Datasets
Datasets
FlowBench: Anomaly Detection Benchmark Dataset on Scientific Workflows
FlowBench is a benchmark dataset designed for anomaly detection in computational workflows. It includes execution traces from distributed infrastructures with systematically injected, labeled anomalies and provides both raw execution logs and a parsed version. The dataset is accompanied by tools and sample code for parsing, loading, and processing the data, supporting various supervised and unsupervised anomaly detection models using PyTorch.
TCP Conflict Study: A Dataset on TCP Conflict Using Multiple TCP CCA and AQM Algorithms
This dataset evaluates TCP Congestion Control Algorithms (CCAs) such as BBRv1, BBRv2, CUBIC, Reno, and HTCP under AQMs like FIFO, RED, and FQ-CoDel. It captures performance metrics for bottleneck bandwidths up to 25 Gbps, focusing on fairness, link utilization, and retransmissions across varying queue lengths and inter/intra-CCA scenarios. This dataset is highly versatile, containing pcap packet trace details, iperf traces, and ping traces. Key parameters include packet-level traces, RTT, CWND, throughput, and goodput, supporting research on TCP fairness and performance in diverse network setups.
RADT (Real-world Advanced Dataset): A TCP Dataset for Studying Fairness in Network links
RADT extends exploration to bottleneck bandwidths up to 40 Gbps and includes performance data for BBRv3 alongside BBRv1, BBRv2, CUBIC, Reno, and HTCP under AQMs like FIFO, RED, and FQ-CoDel.
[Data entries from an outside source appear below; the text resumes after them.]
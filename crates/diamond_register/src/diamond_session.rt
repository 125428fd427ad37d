// The session at the diamond, from set-up on: in enough memory it comes out as its contract says, and the laws hold of it.
ghost use Rattle.std.specs.Prelude.{◌≡◌, [], ◌∷◌};
ghost use Rattle.register_parts.specs.CheckedCounts.{said};
ghost use Rattle.diamond_register.specs.DiamondSession.{room_for_diamond, Plays, LawfullyPlayed};

use crate::diamond_order::DiamondOrder;
use crate::session::{Replies, session, set_up};
use exclusive_rule::exclusive::Exclusive;
use jobs::class_setup::ClassSetup;
use jobs::memory::Memory;
use jobs::register::Register;
use jobs::setup_fault::SetUpFault;

// What set-up says of the classes: the maker has two items, the others have one each.
pub fn records() -> [ClassSetup; 4]
    ensures { said result ≡ 2 ∷ 1 ∷ 1 ∷ 1 ∷ [] }
{
    let one = ClassSetup { items: 1 };
    [ClassSetup { items: 2 }, one, one, one]
}

// The maker publishes firmware; the left distributor reads it, and asks for what the right one has.
pub fn diamond_session(
    memory: &mut Memory<'_, u32, Exclusive>,
    firmware: u32,
) -> Result<(Register<DiamondOrder>, Replies<u32>), SetUpFault>
    ensures reply { Plays (room_for_diamond memory.old) firmware memory.old result memory.new }
    ensures laws { LawfullyPlayed firmware result memory.new }
{
    let mut register = set_up(DiamondOrder, &records(), 0, memory)?;
    let replies = session(&mut register, memory, firmware);
    Ok((register, replies))
}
It also includes key parameters such as packet-level traces, RTT, CWND, throughput, and goodput. RADT focuses on real-world scalability and efficiency, offering a concise and specialized dataset for evaluating and optimizing next-generation TCP algorithms in high-speed networks. Additionally, it serves as a valuable resource for developing AI-based CCAs through advanced training data.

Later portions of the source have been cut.